Als wir eintreten, beginnt meine Mutter zu lächeln, sie sieht uns an, welches Ergebnis die Unterredung mit Nelson hatte. Mama Mbetes Gesicht tendiert eher zum Weinen, allerdings gelingt es ihr, ein Schluchzen und den Tränenfluss zurück zu halten. Sie sieht aber alles andere als glücklich aus, im Gegenteil zu Ihrem Sohn, der strahlt wie eine Schokotorte übers ganze Gesicht und ich muss wohl ähnlich aussehen.

„Nun“, fragt mein Vater, „ was haben die Herrn uns mitzuteilen. Ist eine Einigung in allen strittigen Angelegenheiten erzielt worden, ist jetzt Frieden und kann man gratulieren?“ „Chris“, ruft meine Mutter, „fall doch nicht immer mit der Tür ins Haus“. Auch von mir kommt ein vorwurfsvolles: „Mensch, PAPA!“ „Wir haben uns ausgesprochen“, sagt Nelson leise und zögerlich. „Und wir sind jetzt zusammen, wir lieben uns“, kommt es etwas energischer von mir. „Dann ist ja alles in Butter“, sagt mein Vater fies grinsend, „dann könnt ihr ja jetzt eure Hausaufgaben machen, oder?“ He, bin ich denn jetzt im falschen Film, kein Kommentar, keine Vorhaltungen, Übergang zur Tagesordnung?

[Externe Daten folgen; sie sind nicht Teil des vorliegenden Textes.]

// Ways to write what moves: as JSON, and as a picture.
ghost use Rattle.sq_picture.specs.Json.{TellsAsJson};
ghost use Rattle.sq_picture.specs.Pictures.{IsPicture};

use crate::json_text::moves_json;
use crate::moves_svg::write_moves_svg;
use sq_moves::Recon;
use sq_world::{Telling, Told};
use std::alloc::Global;
use std::io;
use std::io::Write;

/// Writes what moves as one line of JSON, an object with the members `ranges`, the reconfiguration
/// ranges in key order, each with `dst`, `hi`, `lo` and `src`; `segments`, in the order of their
/// numbers, each with these and `stage`; and `stages`, the number of stages.
pub struct AsJson;

/// Writes what moves as an SVG picture, as [`write_moves_svg`] draws it.
pub struct AsSvg;

impl Telling for AsJson {
    ghost tells = { λ _. TellsAsJson };

    fn tell<W: Write>(&self, alloc: Global, writer: &mut W, recon: &Recon) -> io::Result<Told> {
        match moves_json(alloc, recon) {
            Ok(text) => {
                writeln!(writer, "{text}")?;
                Ok(Told::Written)
            }
            Err(_) => Ok(Told::NoMemory),
        }
    }
}

impl Telling for AsSvg {
    ghost tells = { λ _. IsPicture };

    fn tell<W: Write>(&self, alloc: Global, writer: &mut W, recon: &Recon) -> io::Result<Told> {
        let mut picture = Vec::new(alloc);
        if write_moves_svg(&mut picture, recon).is_err() {
            return Ok(Told::NoMemory);
        }
        writer.write_all(&picture)?;
        Ok(Told::Written)
    }
}
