// The size of a move as lines.
use crate::proposal::proposal;
use crate::size::{MovePart, Size};
use sq_moves::{Config, Opening, Range};
use std::io;
use std::io::Write;

/// Writes the size of a move as lines: one for each reconfiguration range, in key order, one for
/// each segment, one for each stage, and the line of the sizes that are proposed.
pub(crate) fn write_lines<W: Write>(writer: &mut W, opening: &Opening) -> io::Result<()> {
    let recon = opening.recon();
    for range in recon.ranges() {
        let Range { lo, hi, src, dst } = *range;
        let (src, dst) = (src.number(), dst.number());
        write!(writer, "range {lo} {hi} {src} {dst}")?;
        write_size(writer, Size::of_part(opening, MovePart::RangePart(*range)))?;
    }
    for (seg, segment) in recon.segments().iter().enumerate() {
        write_segment(writer, opening, seg, *segment)?;
    }
    for stage in 0..recon.stages() {
        write!(writer, "stage {stage}")?;
        write_size(writer, Size::of_part(opening, MovePart::StagePart(stage)))?;
    }
    let Config {
        width,
        limit,
        capacity,
        ..
    } = proposal(opening);
    writeln!(writer, "config {width} {limit} {capacity}")
}

// Writes the line of segment number `seg`, with its stage if there is more than one.
fn write_segment<W: Write>(
    writer: &mut W,
    opening: &Opening,
    seg: usize,
    segment: Range,
) -> io::Result<()> {
    let recon = opening.recon();
    let Range { lo, hi, src, dst } = segment;
    let stage = recon.stage_on(src, dst);
    let (src, dst) = (src.number(), dst.number());
    write!(writer, "segment {seg} {lo} {hi} {src} {dst}")?;
    if recon.stages() > 1 {
        write!(writer, " stage {stage}")?;
    }
    write_size(writer, Size::of_segment(opening, segment))
}

// Writes the end of a line: a size.
fn write_size<W: Write>(writer: &mut W, size: Size) -> io::Result<()> {
    let Size {
        families,
        rows,
        bytes,
        chunks,
    } = size;
    writeln!(
        writer,
        " families {families} rows {rows} bytes {bytes} chunks {chunks}"
    )
}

„Chris, ich meine, wir sollten darauf schon ein Gläschen Sekt trinken, das ist doch schon fast so, als hätten wir einen Schwiegersohn bekommen“, meldet sich meine Mutter, „ und untersteh dich und bring nicht eine Flasche vom Besten aus deinem Keller.“ 

Papa steht auf, klopft im Vorbeigehen Mama Mbete auf die Schulter und sagt:“Freu dich Mama, freu dich mit deinem Sohn, die beiden sind doch ein schönes Paar und ich hoffe, dass sie für immer zusammen bleiben.“ Ein leises Lächeln schleicht sich auf Mama Mbete’s Gesicht und dann nimmt sie Nelsons Hand und zieht ihn zu sich. „Oh mein Junge, du hast mich sehr überrascht und ich muss mich erst mal daran gewöhnen, das  du jetzt einen Freund hast, so wie andere eine Freundin. Was wird Papa nur sagen?“

Jetzt ist es an Nelson, uns alle zu überraschen:“Papa weiß es schon, Mama. Ich habe es ihm gesagt, als ich zu Hause war, nachdem Frau Martens bei uns gewesen ist. Er wollte wissen, was los ist und ich konnte ihn nicht anlügen. Er hat gesagt, wenn die Martens es akzeptieren dass Jan und ich uns lieben, dann akzeptiert er es auch. Wenn sie es nicht akzeptieren, hätte er mich nach Soweto zu Onkel Albert geschickt und ich musste versprechen, nie mehr zurück zu kommen. Aber das muss ich jetzt ja nicht.“ 

Ich ziehe ihn von seiner Mutter weg zurück in meinen Arm und drücke ihn an mich. „Du bleibst schön hier bei mir und gehst nicht nach Soweto, hier ist dein Zuhause und so soll es auch bleiben, wenn es nach mir geht, für immer“, sage ich und gebe ihm einen Kuss auf die Wange. Zu mehr trau ich mich im Moment nicht, weil seine Mutter dabei ist und sie sich ja erste Mal daran gewöhnen muss, dass ihr Sohn jetzt von einem Jungen geküsst wird.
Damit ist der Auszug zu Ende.